=== Records provided ===

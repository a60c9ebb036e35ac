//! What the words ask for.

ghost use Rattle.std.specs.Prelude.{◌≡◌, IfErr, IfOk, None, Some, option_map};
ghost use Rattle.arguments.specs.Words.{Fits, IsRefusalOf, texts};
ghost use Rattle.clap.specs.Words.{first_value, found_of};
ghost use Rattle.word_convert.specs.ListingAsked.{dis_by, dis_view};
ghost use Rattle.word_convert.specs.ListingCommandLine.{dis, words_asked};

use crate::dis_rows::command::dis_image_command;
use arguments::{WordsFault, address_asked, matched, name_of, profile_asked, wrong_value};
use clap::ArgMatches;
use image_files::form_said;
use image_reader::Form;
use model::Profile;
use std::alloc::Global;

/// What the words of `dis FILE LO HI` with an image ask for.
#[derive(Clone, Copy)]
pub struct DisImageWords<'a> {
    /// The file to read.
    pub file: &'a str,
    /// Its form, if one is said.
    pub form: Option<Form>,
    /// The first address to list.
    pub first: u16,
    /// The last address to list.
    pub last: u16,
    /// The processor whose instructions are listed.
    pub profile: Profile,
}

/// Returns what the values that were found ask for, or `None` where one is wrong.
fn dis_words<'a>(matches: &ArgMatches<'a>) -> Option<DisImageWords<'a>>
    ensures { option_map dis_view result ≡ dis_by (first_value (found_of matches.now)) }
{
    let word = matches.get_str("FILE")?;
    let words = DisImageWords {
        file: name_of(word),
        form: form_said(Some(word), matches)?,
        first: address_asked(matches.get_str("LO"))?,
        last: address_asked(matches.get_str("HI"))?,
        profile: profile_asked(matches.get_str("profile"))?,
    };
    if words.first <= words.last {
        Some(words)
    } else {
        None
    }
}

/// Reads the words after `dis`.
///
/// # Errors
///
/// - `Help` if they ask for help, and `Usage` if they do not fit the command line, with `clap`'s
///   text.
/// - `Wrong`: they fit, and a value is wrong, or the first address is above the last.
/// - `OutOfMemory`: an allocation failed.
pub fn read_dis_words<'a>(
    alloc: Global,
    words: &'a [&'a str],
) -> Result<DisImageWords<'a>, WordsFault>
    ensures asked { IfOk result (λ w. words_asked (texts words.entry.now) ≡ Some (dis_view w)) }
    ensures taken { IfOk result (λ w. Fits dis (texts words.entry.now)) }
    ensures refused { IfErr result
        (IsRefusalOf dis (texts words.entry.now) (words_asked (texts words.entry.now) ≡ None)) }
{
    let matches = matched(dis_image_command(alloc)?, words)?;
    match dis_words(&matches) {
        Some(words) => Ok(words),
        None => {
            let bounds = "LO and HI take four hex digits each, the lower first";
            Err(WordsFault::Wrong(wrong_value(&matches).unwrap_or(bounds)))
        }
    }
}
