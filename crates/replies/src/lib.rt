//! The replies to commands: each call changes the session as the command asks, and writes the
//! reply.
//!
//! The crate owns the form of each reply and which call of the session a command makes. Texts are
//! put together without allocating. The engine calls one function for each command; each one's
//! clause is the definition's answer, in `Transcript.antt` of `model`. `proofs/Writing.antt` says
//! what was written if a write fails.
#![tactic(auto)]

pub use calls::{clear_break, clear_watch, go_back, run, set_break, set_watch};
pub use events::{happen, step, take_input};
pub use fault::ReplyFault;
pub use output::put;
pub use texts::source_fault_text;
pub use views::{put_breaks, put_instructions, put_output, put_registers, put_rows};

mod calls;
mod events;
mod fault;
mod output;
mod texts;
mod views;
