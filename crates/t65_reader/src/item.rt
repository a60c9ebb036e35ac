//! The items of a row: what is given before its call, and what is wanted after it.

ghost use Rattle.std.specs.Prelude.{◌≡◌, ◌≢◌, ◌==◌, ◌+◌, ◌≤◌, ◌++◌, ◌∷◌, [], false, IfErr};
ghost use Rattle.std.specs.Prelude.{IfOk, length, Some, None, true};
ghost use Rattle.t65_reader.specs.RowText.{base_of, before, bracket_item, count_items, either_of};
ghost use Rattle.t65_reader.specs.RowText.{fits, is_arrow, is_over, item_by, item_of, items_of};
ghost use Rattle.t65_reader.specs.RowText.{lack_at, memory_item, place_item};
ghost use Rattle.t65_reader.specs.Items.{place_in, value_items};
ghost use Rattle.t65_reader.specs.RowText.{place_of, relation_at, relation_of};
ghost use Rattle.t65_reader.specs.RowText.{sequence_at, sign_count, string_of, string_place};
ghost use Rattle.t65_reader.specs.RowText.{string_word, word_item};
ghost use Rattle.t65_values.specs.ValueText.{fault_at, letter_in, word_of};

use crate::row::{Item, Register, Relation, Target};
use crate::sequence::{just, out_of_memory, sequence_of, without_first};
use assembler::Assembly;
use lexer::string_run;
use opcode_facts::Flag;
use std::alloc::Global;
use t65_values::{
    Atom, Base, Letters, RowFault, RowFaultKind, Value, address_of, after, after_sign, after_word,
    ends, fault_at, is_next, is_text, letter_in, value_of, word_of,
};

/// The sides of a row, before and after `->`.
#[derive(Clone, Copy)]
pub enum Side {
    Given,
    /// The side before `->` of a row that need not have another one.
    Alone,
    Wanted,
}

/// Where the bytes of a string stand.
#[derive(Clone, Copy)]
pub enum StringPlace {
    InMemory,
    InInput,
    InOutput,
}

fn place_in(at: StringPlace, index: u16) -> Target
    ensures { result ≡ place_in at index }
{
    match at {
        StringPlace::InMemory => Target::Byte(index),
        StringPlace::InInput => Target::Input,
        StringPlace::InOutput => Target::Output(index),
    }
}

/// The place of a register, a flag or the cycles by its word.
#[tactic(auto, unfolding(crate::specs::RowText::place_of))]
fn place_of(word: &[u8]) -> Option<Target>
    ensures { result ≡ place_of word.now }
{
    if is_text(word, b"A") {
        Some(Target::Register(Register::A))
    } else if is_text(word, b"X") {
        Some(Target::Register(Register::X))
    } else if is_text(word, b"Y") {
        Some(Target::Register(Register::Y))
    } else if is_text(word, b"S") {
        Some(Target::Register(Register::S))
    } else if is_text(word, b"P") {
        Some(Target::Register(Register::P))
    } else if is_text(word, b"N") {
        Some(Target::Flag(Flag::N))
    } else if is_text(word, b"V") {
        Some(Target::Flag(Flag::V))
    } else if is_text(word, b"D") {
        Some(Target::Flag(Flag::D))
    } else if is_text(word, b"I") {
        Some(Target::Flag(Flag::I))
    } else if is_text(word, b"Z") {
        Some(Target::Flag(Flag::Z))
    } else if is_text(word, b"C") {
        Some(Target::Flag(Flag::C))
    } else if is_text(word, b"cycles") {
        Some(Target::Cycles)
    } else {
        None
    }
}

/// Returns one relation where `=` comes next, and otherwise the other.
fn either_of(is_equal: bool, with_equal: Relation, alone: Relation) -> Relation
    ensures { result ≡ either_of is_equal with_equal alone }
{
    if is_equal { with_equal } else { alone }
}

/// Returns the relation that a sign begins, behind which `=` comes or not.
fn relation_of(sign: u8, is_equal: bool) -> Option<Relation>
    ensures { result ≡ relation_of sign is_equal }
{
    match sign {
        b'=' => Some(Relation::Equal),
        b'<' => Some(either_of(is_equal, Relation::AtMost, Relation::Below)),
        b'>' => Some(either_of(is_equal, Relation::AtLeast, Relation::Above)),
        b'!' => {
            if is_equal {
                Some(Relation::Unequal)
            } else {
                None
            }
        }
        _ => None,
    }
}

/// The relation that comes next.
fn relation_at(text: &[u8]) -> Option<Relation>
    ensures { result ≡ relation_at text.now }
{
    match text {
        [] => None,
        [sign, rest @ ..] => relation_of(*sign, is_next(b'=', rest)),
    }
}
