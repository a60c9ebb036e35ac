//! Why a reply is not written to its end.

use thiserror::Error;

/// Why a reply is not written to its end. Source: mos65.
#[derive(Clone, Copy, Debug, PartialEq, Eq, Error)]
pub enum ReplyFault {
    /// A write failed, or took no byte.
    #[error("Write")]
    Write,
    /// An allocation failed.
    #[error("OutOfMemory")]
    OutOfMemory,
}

===

- Task description: In the data above, find the line with "w. Fits dis" and the line with "and HI take". Retype both, plus every line between them, exactly.

- Answer:
    ensures taken { IfOk result (λ w. Fits dis (texts words.entry.now)) }
    ensures refused { IfErr result
        (IsRefusalOf dis (texts words.entry.now) (words_asked (texts words.entry.now) ≡ None)) }
{
    let matches = matched(dis_image_command(alloc)?, words)?;
    match dis_words(&matches) {
        Some(words) => Ok(words),
        None => {
            let bounds = "LO and HI take four hex digits each, the lower first";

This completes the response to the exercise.